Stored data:
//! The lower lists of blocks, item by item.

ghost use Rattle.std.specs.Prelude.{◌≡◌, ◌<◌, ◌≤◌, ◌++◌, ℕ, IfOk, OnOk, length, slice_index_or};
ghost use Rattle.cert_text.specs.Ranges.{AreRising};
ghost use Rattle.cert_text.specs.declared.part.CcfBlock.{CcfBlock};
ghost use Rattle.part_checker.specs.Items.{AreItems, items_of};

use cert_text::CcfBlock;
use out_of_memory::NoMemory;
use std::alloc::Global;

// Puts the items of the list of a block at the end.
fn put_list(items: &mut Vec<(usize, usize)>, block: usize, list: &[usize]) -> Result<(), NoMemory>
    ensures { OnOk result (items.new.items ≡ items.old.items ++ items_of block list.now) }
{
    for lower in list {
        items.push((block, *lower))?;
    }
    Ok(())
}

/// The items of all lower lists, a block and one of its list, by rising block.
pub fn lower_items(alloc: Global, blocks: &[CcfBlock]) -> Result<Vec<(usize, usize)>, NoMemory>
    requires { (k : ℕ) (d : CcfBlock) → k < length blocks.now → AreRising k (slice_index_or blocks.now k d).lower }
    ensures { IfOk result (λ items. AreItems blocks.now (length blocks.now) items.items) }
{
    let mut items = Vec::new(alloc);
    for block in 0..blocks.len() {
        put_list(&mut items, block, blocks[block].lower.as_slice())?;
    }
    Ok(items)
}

* * *

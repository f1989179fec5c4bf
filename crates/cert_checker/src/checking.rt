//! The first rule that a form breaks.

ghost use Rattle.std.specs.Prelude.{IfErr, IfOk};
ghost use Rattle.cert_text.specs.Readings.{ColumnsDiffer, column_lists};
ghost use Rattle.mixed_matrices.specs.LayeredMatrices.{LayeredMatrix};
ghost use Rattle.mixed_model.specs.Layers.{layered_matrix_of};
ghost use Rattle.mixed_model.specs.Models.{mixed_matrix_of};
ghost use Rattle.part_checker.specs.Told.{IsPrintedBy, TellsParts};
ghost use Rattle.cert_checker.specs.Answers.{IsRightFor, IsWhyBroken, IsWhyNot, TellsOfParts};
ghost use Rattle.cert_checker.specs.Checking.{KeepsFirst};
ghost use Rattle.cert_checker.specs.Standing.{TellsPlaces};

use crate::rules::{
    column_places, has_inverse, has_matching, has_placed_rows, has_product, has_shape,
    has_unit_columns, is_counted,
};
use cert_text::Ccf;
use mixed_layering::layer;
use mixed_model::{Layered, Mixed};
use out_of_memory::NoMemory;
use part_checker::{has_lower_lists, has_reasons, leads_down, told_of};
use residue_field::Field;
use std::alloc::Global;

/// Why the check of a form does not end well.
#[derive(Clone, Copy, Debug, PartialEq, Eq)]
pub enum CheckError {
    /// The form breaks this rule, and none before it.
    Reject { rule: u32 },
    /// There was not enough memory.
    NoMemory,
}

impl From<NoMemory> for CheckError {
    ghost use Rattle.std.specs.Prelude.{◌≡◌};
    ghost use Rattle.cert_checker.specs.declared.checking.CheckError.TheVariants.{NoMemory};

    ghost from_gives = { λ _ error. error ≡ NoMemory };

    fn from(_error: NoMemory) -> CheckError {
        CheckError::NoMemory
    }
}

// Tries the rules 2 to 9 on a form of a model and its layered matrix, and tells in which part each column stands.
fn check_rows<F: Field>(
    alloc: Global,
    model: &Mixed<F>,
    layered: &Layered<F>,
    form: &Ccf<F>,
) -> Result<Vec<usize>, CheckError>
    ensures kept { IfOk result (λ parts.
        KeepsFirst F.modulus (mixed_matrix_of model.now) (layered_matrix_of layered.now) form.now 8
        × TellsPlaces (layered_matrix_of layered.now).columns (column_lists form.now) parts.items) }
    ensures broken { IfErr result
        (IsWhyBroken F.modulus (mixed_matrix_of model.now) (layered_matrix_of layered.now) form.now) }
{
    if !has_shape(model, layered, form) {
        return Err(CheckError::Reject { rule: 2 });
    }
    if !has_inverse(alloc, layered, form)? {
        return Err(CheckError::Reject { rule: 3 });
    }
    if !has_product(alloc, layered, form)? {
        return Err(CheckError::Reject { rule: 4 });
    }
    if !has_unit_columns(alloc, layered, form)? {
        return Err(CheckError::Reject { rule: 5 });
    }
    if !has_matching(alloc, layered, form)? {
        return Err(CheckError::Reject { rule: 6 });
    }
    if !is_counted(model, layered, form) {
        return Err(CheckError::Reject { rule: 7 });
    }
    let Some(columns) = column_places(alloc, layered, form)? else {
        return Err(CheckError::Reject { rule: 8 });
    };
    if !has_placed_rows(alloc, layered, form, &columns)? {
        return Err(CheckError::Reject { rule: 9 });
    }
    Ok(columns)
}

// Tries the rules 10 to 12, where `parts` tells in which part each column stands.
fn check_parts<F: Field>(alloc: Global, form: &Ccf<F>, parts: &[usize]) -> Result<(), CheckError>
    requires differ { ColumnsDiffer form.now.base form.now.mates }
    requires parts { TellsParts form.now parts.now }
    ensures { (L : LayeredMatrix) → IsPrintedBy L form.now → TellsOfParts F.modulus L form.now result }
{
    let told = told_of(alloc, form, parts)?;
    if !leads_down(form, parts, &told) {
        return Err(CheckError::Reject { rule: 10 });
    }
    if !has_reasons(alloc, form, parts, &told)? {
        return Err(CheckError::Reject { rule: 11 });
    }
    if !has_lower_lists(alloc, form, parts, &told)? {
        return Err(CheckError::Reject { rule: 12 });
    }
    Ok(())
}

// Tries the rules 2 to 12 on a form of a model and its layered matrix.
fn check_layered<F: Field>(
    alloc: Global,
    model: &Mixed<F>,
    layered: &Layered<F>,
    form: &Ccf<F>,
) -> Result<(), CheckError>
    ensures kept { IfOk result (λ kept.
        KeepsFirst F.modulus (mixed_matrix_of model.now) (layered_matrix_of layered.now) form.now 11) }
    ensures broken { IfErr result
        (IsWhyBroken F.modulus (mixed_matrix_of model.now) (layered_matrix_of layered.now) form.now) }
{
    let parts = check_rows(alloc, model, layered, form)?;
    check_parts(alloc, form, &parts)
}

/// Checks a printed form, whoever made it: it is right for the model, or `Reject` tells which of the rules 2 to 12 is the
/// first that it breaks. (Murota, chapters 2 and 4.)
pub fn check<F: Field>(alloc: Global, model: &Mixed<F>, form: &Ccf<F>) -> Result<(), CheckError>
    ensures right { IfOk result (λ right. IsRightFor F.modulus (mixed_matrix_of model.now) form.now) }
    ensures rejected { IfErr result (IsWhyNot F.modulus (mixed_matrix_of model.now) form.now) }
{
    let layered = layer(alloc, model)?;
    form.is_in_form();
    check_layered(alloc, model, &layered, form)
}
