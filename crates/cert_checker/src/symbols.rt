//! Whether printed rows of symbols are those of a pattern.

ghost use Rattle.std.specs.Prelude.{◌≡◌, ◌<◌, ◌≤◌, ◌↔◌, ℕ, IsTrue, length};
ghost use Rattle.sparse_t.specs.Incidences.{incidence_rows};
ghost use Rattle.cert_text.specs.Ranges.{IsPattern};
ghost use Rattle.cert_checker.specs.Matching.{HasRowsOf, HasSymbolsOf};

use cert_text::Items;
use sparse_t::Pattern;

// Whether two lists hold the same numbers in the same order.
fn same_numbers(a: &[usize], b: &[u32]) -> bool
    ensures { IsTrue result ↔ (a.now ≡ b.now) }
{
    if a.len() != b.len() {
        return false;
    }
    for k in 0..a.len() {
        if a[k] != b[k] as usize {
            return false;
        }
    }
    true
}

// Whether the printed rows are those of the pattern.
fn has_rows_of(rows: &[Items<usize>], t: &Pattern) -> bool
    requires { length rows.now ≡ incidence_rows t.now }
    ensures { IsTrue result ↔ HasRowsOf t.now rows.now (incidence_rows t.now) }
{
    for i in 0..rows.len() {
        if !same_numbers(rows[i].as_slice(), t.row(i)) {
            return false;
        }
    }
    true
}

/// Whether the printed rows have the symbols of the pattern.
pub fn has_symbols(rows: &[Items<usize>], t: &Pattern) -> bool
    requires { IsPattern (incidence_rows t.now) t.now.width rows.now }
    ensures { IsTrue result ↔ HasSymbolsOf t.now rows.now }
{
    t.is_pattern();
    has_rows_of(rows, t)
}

- **Exercise directions**: Say how many lines of the entries above hold the string "AreRising", and say nothing besides the number.

- **Result of this exercise**: 2